>>>

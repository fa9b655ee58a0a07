//! The changes of several wires in order of time, and beside them wires of text: notes, each from an instant on.
ghost use Rattle.std.specs.Prelude.{◌≡◌, [], ◌+◌, ◌-◌, ◌∷◌, ◌++◌, ◌<◌, ◌≤◌, ℕ, codes, false, length, map};
ghost use Rattle.std.specs.Fmt.{decimal};
ghost use Rattle.std.specs.List.{concat, flat_map};
ghost use Rattle.line_wave.specs.Line.{IsWave};
ghost use Rattle.text_core.specs.Adds.{Adds};
ghost use Rattle.capture_wires.specs.Wires.{changes_from, wires_text};
ghost use Rattle.capture_wires.specs.Noted.{escaped, is_noted, note_at, note_line, noted, notes_at, noted_instant, noted_text};

use crate::drive::Drive;
use crate::instants::{
    add_change, add_changes, add_time, any_turns, next_end, next_end_of, next_two, not_over, turns,
};
use line_wave::Stretch;
use text_core::{Counted, Sink};

/// What a wire of text has from an instant on: the wire by its identifier, and the text.
#[derive(Clone, Copy, Debug)]
pub struct WireText<'a> {
    pub at: u64,
    pub id: u8,
    pub text: &'a [u8],
}

impl Default for WireText<'_> {
    fn default() -> Self {
        WireText {
            at: 0,
            id: 0,
            text: &[],
        }
    }
}

// ---- one note

// Adds a byte of a text.
fn add_escaped<S: Sink>(out: &mut Counted<'_, S>, byte: u8)
    ensures { Adds out.old out.new (escaped byte) }
{
    match byte {
        b' ' => out.add(b"\\x20"),
        b'\\' => out.add(b"\\\\"),
        _ => out.add(&[byte]),
    }
}

// Adds the bytes of a text.
#[tactic(auto, using(text_core::proofs::Adding::nothing))]
fn add_text<S: Sink>(out: &mut Counted<'_, S>, text: &[u8])
    ensures { Adds out.old out.new (flat_map escaped text.now) }
{
    let Some((byte, others)) = text.split_first() else {
        return;
    };
    add_escaped(out, *byte);
    add_text(out, others);
}

// Adds what stands after a text.
fn add_id<S: Sink>(out: &mut Counted<'_, S>, id: u8)
    ensures { Adds out.old out.new (32 ∷ id ∷ 10 ∷ []) }
{
    let end = [b' ', id, b'\n'];
    out.add(&end);
}

// Adds what a wire of text has from now on.
fn add_note<S: Sink>(out: &mut Counted<'_, S>, note: &WireText<'_>)
    ensures { Adds out.old out.new (note_line (noted note.now)) }
{
    out.add(b"s");
    add_text(out, note.text);
    add_id(out, note.id);
}

// Adds what is noted at an instant.
#[tactic(auto, using(text_core::proofs::Adding::nothing))]
fn add_note_at<S: Sink>(out: &mut Counted<'_, S>, t: u64, note: &WireText<'_>)
    ensures { Adds out.old out.new (note_at t (noted note.now)) }
{
    if note.at == t {
        add_note(out, note);
    }
}

#[tactic(auto, using(text_core::proofs::Adding::nothing))]
fn add_notes_at<S: Sink>(out: &mut Counted<'_, S>, t: u64, notes: &[WireText<'_>])
    ensures { Adds out.old out.new (notes_at t (map noted notes.now)) }
{
    let Some((note, others)) = notes.split_first() else {
        return;
    };
    add_note_at(out, t, note);
    add_notes_at(out, t, others);
}

// Whether something is noted at an instant.
fn is_noted(t: u64, notes: &[WireText<'_>]) -> bool
    ensures { result ≡ is_noted t (map noted notes.now) }
{
    match notes {
        [] => false,
        [note, others @ ..] => note.at == t || is_noted(t, others),
    }
}

// The first note after `t`, or `next` where that is sooner.
fn next_note(notes: &[WireText<'_>], t: u64, next: u64) -> u64
    requires { t < next }
    ensures later { t < result }
    ensures bounded { result ≤ next }
    ensures quiet { (u : ℕ) → t < u → u < result → is_noted u (map noted notes.now) ≡ false }
{
    match notes {
        [] => next,
        [note, others @ ..] => {
            let rest = next_note(others, t, next);
            if t < note.at { note.at.min(rest) } else { rest }
        }
    }
}

// ---- one instant

// The line, who drives it, the pulses below them, and what is noted beside them.
#[derive(Clone, Copy)]
struct NotedWires<'a> {
    line: &'a [Stretch],
    drives: &'a [Drive],
    pulses: &'a [Stretch],
    notes: &'a [WireText<'a>],
}

// Adds the changes of the line and of the wires below it, the pulses' last.
fn add_all_changes<S: Sink>(out: &mut Counted<'_, S>, t: u64, wires: &NotedWires<'_>)
    requires { length wires.now.drives.now ≤ 90 }
    ensures { Adds out.old out.new (changes_from t 0 (wires.now.line.now ∷ (wires.now.drives.now ++ wires.now.pulses.now ∷ []))) }
{
    add_change(out, t, 0, wires.line);
    add_changes(out, t, 1, wires.drives);
    add_change(out, t, wires.drives.len() as u8 + 1, wires.pulses);
}

// Adds an instant, those changes then, and what is noted.
fn add_timed<S: Sink>(out: &mut Counted<'_, S>, t: u64, wires: &NotedWires<'_>)
    requires { length wires.now.drives.now ≤ 90 }
    ensures { Adds out.old out.new ((concat (codes "#" ∷ decimal t ∷ codes "\n" ∷ []) ++ changes_from t 0 (wires.now.line.now ∷ (wires.now.drives.now ++ wires.now.pulses.now ∷ []))) ++ notes_at t (map noted wires.now.notes.now)) }
{
    add_time(out, t);
    add_all_changes(out, t, wires);
    add_notes_at(out, t, wires.notes);
}

// Adds an instant, where some wire changes then or something is noted.
#[tactic(auto, using(text_core::proofs::Adding::nothing))]
fn add_instant<S: Sink>(out: &mut Counted<'_, S>, t: u64, wires: &NotedWires<'_>)
    requires { length wires.now.drives.now ≤ 90 }
    ensures { Adds out.old out.new (noted_instant (wires.now.line.now ∷ (wires.now.drives.now ++ wires.now.pulses.now ∷ [])) (map noted wires.now.notes.now) t) }
{
    if turns(wires.line, t)
        || (any_turns(wires.drives, t) || turns(wires.pulses, t))
        || is_noted(t, wires.notes)
    {
        add_timed(out, t, wires);
    }
}

// ---- all of them

/// Adds the changes of the line and of the wires below it, and what is noted, from one instant up to another: those of its
/// drives, and after them that of the pulses, which come in order, as many as there are.
pub fn add_noted_wires<'a, S: Sink>(
    out: &mut Counted<'_, S>,
    line: &'a [Stretch],
    drives: &'a [Drive],
    pulses: &'a [Stretch],
    notes: &'a [WireText<'a>],
    from: u64,
    to: u64,
)
    requires few { length drives.now ≤ 90 }
    requires pulses { IsWave pulses.now }
    requires order { from ≤ to }
    ensures { Adds out.old out.new (noted_text (line.now ∷ (drives.now ++ pulses.now ∷ [])) (map noted notes.now) from (to - from)) }
{
    let mut t = from;
    let mut left = pulses;
    'instants: while t < to {
        left = not_over(left, t);
        let next = next_two(left);
        let wires = NotedWires {
            line,
            drives,
            pulses: next,
            notes,
        };
        add_instant(out, t, &wires);
        let change = next_end(line, t, next_end_of(drives, t, next_end(next, t, to)));
        t = next_note(notes, t, change);
    }
}

/// The same with no notes.
pub fn add_wires<S: Sink>(
    out: &mut Counted<'_, S>,
    line: &[Stretch],
    drives: &[Drive],
    pulses: &[Stretch],
    from: u64,
    to: u64,
)
    requires few { length drives.now ≤ 90 }
    requires pulses { IsWave pulses.now }
    requires order { from ≤ to }
    ensures { Adds out.old out.new (wires_text (line.now ∷ (drives.now ++ pulses.now ∷ [])) from (to - from)) }
{
    add_noted_wires(out, line, drives, pulses, &[], from, to);
}
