//! What pulls the line, by itself.
ghost use Rattle.std.specs.Prelude.{◌≡◌, ◌+◌, ◌<◌, ◌∷◌, ◌++◌, [], length};
ghost use Rattle.line_wave.specs.Bounds.{most_stretches};

use arrayvec::ArrayVec;
use line_wave::{MOST_STRETCHES, Stretch};
use std::marker::Model;

/// Where a device pulls the line low. As a value it is the list of its stretches.
#[derive(Debug, Drop)]
pub struct Drive {
    stretches: ArrayVec<Stretch, MOST_STRETCHES>,
}

impl Model for Drive {
    ghost use Rattle.std.specs.Prelude.{List};
    ghost use Rattle.line_wave.specs.declared.Stretch.{Stretch};

    ghost Value = { List Stretch };

    ghost view = { λ d. d.stretches.items };
}

impl Default for Drive {
    fn default() -> Self {
        Drive::new()
    }
}

impl Drive {
    /// One that never pulls.
    pub fn new() -> Self
        ensures { result ≡ [] }
    {
        Drive {
            stretches: ArrayVec::new(),
        }
    }

    /// Adds a stretch.
    pub fn push(&mut self, from: u64, to: u64)
        requires { length self.old < most_stretches }
        ensures { self.new ≡ self.old ++ record { from = from; to = to } ∷ [] }
    {
        self.stretches.push(Stretch { from, to });
    }

    /// The stretches, in the order in which they were added.
    pub fn as_slice(&self) -> &[Stretch]
        ensures { result.now ≡ self.now }
    {
        self.stretches.as_slice()
    }
}
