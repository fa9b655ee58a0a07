//! The definitions of a dump of several wires.
ghost use Rattle.std.specs.Prelude.{◌≡◌, [], ◌+◌, ◌∷◌, ◌++◌, ◌≤◌, codes};
ghost use Rattle.std.specs.List.{concat, flat_map, range_with_len};
ghost use Rattle.text_core.specs.Adds.{Adds};
ghost use Rattle.capture_wires.specs.Wires.{closing, closing_with, high_at_first, id_of, opening, variable};

use text_core::{Counted, Piece, Sink};

// The identifier of the line, and that before the first device's.
const LINE_ID: u8 = b'!';

const DEVICE_IDS: u8 = b'a' - 1;

/// The identifier of a wire.
pub(crate) fn id_of(number: u8) -> u8
    requires { number ≤ 100 }
    ensures { result ≡ id_of number }
{
    if number == 0 {
        LINE_ID
    } else {
        number + DEVICE_IDS
    }
}

fn add_text<S: Sink>(out: &mut Counted<'_, S>, text: &str)
    ensures { Adds out.old out.new text.now }
{
    out.add(text.as_bytes());
}

/// Adds what stands before the devices: the time scale, and the line.
pub fn add_opening<S: Sink>(out: &mut Counted<'_, S>)
    ensures { Adds out.old out.new opening }
{
    add_text(
        out,
        "$version hdminet $end\n$timescale 1 us $end\n$scope module hdmi $end\n$var wire 1 ! CEC $end\n$scope module devices $end\n",
    );
}

// Adds the definition of a wire of this identifier and this name.
fn add_named<'a, S: Sink>(out: &mut Counted<'_, S>, id: &'a [u8], name: &'a [u8])
    ensures { Adds out.old out.new (concat (codes "$var wire 1 " ∷ id.now ∷ codes " " ∷ name.now ∷ codes " $end\n" ∷ [])) }
{
    out.add_line(&[
        Piece::Text("$var wire 1 "),
        Piece::Bytes(id),
        Piece::Text(" "),
        Piece::Bytes(name),
        Piece::Text(" $end\n"),
    ]);
}

/// Adds the definition of a wire: its number, from 1, and its name.
pub fn add_variable<S: Sink>(out: &mut Counted<'_, S>, number: u8, name: &[u8])
    requires { number ≤ 100 }
    ensures { Adds out.old out.new (variable number name.now) }
{
    let id = [id_of(number)];
    add_named(out, &id, name);
}

// Adds that a wire is high at first.
fn add_high<S: Sink>(out: &mut Counted<'_, S>, number: u8)
    requires { number ≤ 100 }
    ensures { Adds out.old out.new (high_at_first number) }
{
    let line = [b'1', id_of(number), b'\n'];
    out.add(&line);
}

// Adds that so many wires from this number on are high at first.
#[tactic(auto, using(text_core::proofs::Adding::nothing))]
fn add_highs<S: Sink>(out: &mut Counted<'_, S>, number: u8, count: u8)
    requires { number + count ≤ 100 }
    ensures { Adds out.old out.new (flat_map high_at_first (range_with_len number count)) }
{
    if count == 0 {
        return;
    }
    add_high(out, number);
    add_highs(out, number + 1, count - 1);
}

/// Adds what stands after so many devices, at most 90, where these are the first values of further wires: the wire of the pulses,
/// these values, and that each wire of one bit is high at first.
pub fn add_closing_with<S: Sink>(out: &mut Counted<'_, S>, count: u8, values: &str)
    requires { count ≤ 90 }
    ensures { Adds out.old out.new (closing_with values.now count) }
{
    add_text(out, "$upscope $end\n");
    add_variable(out, count + 1, b"pulses");
    add_text(out, "$upscope $end\n$enddefinitions $end\n#0\n$dumpvars\n");
    add_text(out, values);
    add_highs(out, 0, count + 2);
    add_text(out, "$end\n");
}

/// The same with no further wires.
pub fn add_closing<S: Sink>(out: &mut Counted<'_, S>, count: u8)
    requires { count ≤ 90 }
    ensures { Adds out.old out.new (closing count) }
{
    add_closing_with(out, count, "");
}
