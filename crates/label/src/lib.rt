// Symbols and packed labels, taken apart and put together by shifts and masks. Every function answers for all arguments, by an equation
// with the definitions of labels in trellis: symbols are base-4 digits, the first one highest.

#![tactic(auto)]

ghost use Rattle.std.specs.Prelude.{◌≡◌, ◌-◌, ◌/◌, ◌%◌, ◌^◌, ◌<◌};
ghost use Rattle.trellis.specs.Label.{symbol, front, back};
ghost use Rattle.label.specs.Inner.Labels.{InOrder};

// How many symbols stand behind depth t.
fn behind(n: usize, t: usize) -> usize
    ensures { result ≡ n - t }
{
    if t < n { n - t } else { 0 }
}

// The label without its last `low` symbols. A shift by the whole width is not allowed, and nothing is left there.
fn without_last(label: u16, low: usize) -> u16
    ensures { result ≡ label / 4 ^ low }
{
    if low < 8 { label >> (2 * low) } else { 0 }
}

// The last `low` symbols of the label.
fn only_last(label: u16, low: usize) -> u16
    ensures { result ≡ label % 4 ^ low }
{
    if low < 8 {
        label & ((1 << (2 * low)) - 1)
    } else {
        label
    }
}

// Symbol t of a label of n symbols, counted from 0.
pub fn symbol(label: u16, n: usize, t: usize) -> u16
    ensures { result ≡ symbol n t label }
{
    without_last(label, behind(behind(n, t), 1)) & 3
}

// The first t symbols of a label of n symbols.
pub fn front(label: u16, n: usize, t: usize) -> u16
    ensures { result ≡ front n t label }
{
    without_last(label, behind(n, t))
}

// The symbols behind depth t.
pub fn back(label: u16, n: usize, t: usize) -> u16
    ensures { result ≡ back n t label }
{
    only_last(label, behind(n, t))
}

// Whether the label x comes before the label y. Symbols are compared from the first one on, as the digits of numbers are.
pub fn precedes(x: u16, y: u16) -> bool
    ensures { InOrder x y result }
{
    x < y
}
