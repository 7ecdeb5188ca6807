//! The hook of the program, and which hooks may wait.

ghost use Rattle.std.specs.Prelude.{◌≡◌, ◌/◌};

use lam_io::Gate;
use std::mem::size_of_val;

/// The program's gate: by turns of 64, as `OpenGate`, and further on for each further worker, so that they spread over the
/// ready threads. It does nothing between.
#[derive(Clone, Copy, Debug)]
pub struct SpreadGate;

impl Gate for SpreadGate {
    fn pick(&self, worker: u64, turn: u64, _ready: &[u32]) -> u64
        ensures { worker ≡ 0 → result ≡ turn / 64 }
    {
        if worker == 0 {
            return turn / 64;
        }
        (turn / 64).saturating_add(worker)
    }

    fn between(&self, _worker: u64, _thread: u32) {}
}

/// Whether a hook may wait between turns for what other workers do. It sees of them what its own calls left in it, so one that
/// holds nothing waits for nobody.
pub fn may_wait<G: Gate>(gate: &G) -> bool {
    size_of_val(gate) > 0
}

<<<

WHAT THE TASK REQUIRES
Find and copy each line above that includes the string "bool".

OUTPUT FOR THIS TASK
fn is_noted(t: u64, notes: &[WireText<'_>]) -> bool
pub fn precedes(x: u16, y: u16) -> bool
pub fn may_wait<G: Gate>(gate: &G) -> bool {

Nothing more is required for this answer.